__Stored data entries__
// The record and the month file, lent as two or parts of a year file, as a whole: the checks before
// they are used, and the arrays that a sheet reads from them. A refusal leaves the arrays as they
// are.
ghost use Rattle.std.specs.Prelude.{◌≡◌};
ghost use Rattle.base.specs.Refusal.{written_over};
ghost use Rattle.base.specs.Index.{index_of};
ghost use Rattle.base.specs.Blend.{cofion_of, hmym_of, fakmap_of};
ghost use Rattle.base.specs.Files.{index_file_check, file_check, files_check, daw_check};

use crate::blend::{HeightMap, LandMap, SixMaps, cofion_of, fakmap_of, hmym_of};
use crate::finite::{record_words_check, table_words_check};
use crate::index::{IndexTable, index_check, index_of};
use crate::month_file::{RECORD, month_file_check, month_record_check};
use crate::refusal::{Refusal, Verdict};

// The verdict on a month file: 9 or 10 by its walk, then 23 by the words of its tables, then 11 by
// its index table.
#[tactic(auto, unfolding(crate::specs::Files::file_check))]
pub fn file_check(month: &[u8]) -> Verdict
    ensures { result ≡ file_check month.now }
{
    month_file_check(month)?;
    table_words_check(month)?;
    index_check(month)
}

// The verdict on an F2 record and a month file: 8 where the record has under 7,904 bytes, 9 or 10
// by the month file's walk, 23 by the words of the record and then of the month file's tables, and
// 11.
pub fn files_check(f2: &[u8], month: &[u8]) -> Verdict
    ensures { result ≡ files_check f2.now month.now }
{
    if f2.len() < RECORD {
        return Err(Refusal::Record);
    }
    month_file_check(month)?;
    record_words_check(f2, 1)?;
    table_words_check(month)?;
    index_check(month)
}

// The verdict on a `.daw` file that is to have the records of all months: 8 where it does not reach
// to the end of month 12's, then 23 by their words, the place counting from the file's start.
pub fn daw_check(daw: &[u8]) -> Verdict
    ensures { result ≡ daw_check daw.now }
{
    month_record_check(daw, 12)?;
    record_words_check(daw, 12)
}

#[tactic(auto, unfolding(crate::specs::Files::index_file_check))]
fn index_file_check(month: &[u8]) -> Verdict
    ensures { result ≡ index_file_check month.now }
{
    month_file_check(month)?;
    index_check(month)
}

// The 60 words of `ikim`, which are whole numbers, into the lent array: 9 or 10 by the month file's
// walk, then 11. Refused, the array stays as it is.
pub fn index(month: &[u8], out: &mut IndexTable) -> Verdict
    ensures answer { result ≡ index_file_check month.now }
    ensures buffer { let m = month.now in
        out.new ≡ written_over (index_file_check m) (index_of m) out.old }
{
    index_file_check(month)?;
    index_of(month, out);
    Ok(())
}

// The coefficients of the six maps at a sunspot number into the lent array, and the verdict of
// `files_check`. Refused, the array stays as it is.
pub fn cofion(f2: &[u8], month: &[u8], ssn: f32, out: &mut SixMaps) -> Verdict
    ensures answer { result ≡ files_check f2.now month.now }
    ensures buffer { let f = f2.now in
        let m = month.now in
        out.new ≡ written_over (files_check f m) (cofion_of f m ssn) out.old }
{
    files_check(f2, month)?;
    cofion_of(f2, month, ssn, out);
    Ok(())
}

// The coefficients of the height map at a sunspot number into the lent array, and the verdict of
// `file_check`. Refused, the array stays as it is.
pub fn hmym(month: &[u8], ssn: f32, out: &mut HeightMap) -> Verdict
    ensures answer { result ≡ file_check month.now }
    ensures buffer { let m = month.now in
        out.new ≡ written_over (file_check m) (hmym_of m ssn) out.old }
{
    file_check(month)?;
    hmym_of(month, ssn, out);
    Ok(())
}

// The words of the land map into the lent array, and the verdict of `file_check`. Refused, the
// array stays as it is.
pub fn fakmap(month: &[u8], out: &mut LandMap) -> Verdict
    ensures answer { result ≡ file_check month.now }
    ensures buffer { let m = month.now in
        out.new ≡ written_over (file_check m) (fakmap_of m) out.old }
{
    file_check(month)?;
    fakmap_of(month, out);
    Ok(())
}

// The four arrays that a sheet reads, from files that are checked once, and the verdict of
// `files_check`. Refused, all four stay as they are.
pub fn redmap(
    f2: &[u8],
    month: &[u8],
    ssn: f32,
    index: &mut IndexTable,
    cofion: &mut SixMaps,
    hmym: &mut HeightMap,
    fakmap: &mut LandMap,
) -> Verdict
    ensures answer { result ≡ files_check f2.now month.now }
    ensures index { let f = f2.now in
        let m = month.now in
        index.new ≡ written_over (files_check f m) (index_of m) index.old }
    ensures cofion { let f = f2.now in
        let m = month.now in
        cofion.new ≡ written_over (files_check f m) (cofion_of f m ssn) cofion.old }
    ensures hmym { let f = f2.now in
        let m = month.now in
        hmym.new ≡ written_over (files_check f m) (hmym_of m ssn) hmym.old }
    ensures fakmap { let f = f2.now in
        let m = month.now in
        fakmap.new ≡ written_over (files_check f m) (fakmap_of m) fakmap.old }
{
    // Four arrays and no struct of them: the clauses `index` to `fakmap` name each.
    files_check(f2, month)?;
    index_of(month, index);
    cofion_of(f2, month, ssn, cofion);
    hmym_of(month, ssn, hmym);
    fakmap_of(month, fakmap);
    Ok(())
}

--

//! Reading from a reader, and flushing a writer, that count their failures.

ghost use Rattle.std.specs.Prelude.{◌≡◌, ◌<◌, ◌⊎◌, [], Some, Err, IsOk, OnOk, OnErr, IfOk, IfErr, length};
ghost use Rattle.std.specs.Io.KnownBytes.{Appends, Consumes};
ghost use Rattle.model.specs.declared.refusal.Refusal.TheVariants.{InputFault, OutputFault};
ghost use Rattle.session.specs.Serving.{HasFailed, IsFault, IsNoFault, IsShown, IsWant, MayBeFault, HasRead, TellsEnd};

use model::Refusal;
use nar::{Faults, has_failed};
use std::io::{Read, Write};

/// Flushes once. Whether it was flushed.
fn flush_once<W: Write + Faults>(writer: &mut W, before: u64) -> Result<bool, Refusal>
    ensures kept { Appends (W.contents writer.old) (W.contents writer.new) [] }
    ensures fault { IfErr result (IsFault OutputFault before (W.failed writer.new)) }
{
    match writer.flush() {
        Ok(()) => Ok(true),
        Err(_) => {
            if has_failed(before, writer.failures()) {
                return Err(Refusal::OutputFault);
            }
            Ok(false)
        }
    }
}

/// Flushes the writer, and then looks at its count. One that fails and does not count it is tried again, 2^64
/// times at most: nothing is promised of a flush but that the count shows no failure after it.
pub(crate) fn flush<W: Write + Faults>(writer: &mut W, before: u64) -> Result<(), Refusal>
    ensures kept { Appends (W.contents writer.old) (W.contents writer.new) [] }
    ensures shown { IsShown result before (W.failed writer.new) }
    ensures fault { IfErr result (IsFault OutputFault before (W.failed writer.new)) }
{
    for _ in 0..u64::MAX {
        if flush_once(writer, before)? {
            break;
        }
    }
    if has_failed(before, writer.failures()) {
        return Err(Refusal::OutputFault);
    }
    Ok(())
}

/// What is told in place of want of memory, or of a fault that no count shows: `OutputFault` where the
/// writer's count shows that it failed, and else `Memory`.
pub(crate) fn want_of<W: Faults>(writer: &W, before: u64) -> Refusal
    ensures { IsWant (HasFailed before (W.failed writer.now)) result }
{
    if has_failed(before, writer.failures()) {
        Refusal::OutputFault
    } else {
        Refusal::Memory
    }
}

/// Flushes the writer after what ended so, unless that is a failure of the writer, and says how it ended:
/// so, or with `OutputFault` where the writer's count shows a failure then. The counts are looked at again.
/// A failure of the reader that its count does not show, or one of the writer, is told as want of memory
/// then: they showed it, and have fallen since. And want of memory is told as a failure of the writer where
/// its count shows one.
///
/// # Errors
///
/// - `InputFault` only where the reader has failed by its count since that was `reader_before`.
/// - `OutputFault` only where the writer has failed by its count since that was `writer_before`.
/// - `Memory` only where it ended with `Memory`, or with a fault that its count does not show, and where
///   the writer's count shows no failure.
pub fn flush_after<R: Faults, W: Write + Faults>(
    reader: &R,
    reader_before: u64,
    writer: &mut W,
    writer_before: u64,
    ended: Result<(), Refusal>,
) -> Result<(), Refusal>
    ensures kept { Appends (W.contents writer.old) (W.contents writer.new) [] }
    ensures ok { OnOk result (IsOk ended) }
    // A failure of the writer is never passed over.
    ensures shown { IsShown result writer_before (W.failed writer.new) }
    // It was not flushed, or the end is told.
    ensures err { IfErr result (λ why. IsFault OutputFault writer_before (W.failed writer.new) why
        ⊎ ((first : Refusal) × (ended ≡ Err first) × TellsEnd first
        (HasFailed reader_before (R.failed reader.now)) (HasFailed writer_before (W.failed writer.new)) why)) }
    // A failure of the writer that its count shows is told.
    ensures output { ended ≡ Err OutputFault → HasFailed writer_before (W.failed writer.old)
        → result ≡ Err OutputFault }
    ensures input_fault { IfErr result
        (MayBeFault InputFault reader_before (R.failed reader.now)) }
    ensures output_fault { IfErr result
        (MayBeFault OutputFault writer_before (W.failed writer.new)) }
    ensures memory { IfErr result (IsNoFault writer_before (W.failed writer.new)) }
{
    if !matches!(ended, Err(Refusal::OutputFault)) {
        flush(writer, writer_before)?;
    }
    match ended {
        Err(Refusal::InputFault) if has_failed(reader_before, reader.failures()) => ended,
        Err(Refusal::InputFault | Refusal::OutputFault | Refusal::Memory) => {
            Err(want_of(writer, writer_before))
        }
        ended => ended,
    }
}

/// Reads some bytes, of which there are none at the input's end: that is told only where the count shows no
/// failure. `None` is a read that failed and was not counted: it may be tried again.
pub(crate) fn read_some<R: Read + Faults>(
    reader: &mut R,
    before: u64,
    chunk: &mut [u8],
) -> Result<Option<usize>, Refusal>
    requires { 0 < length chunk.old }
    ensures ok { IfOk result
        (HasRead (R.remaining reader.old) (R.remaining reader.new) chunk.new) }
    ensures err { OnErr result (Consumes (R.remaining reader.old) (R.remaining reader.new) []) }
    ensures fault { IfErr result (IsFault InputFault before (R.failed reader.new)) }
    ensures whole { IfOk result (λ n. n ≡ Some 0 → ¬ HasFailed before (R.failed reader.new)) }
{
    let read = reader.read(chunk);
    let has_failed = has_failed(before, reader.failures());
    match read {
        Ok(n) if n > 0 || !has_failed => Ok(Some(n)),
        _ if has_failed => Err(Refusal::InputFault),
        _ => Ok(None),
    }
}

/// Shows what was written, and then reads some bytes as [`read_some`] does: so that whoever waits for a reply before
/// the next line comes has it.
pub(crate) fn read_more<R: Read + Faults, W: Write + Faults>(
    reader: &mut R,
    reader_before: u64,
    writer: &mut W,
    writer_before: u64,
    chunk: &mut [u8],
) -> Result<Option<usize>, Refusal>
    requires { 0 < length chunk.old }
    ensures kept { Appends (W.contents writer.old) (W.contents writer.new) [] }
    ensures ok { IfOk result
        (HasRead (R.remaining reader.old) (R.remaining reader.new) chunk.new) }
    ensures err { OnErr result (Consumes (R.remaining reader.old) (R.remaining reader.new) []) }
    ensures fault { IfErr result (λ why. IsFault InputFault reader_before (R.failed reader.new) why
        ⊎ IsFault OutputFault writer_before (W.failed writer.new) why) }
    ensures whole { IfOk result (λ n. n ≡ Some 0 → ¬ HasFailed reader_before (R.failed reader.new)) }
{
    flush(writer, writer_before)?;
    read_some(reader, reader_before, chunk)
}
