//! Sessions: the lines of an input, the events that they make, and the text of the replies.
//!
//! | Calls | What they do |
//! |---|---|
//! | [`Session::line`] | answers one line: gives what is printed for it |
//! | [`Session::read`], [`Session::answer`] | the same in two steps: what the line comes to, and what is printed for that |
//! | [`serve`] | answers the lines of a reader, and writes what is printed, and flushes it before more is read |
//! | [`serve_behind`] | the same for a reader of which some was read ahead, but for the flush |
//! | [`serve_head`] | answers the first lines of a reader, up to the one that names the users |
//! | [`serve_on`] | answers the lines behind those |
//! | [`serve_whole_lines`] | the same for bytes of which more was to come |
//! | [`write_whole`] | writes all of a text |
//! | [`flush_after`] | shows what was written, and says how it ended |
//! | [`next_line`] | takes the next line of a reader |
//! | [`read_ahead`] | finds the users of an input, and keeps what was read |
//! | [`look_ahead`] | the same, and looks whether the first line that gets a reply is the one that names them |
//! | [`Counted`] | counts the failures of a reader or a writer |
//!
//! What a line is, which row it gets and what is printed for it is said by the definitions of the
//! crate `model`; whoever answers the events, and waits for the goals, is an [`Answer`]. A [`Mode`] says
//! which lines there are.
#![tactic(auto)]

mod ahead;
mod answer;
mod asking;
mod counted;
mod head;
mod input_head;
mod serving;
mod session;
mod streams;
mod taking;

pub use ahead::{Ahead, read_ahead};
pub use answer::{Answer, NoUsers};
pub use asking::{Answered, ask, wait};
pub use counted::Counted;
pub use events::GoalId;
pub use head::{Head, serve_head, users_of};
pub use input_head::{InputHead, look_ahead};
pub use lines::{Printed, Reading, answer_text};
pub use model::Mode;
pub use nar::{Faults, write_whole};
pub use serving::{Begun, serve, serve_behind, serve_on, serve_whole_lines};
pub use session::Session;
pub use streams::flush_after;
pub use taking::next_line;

__Task details__
Scan the data above and copy each line containing the word "then".

__Exercise answer__
// The verdict on a month file: 9 or 10 by its walk, then 23 by the words of its tables, then 11 by
// by the month file's walk, 23 by the words of the record and then of the month file's tables, and
// to the end of month 12's, then 23 by their words, the place counting from the file's start.
// walk, then 11. Refused, the array stays as it is.
/// Flushes the writer, and then looks at its count. One that fails and does not count it is tried again, 2^64
/// so, or with `OutputFault` where the writer's count shows a failure then. The counts are looked at again.
/// then: they showed it, and have fallen since. And want of memory is told as a failure of the writer where
/// Shows what was written, and then reads some bytes as [`read_some`] does: so that whoever waits for a reply before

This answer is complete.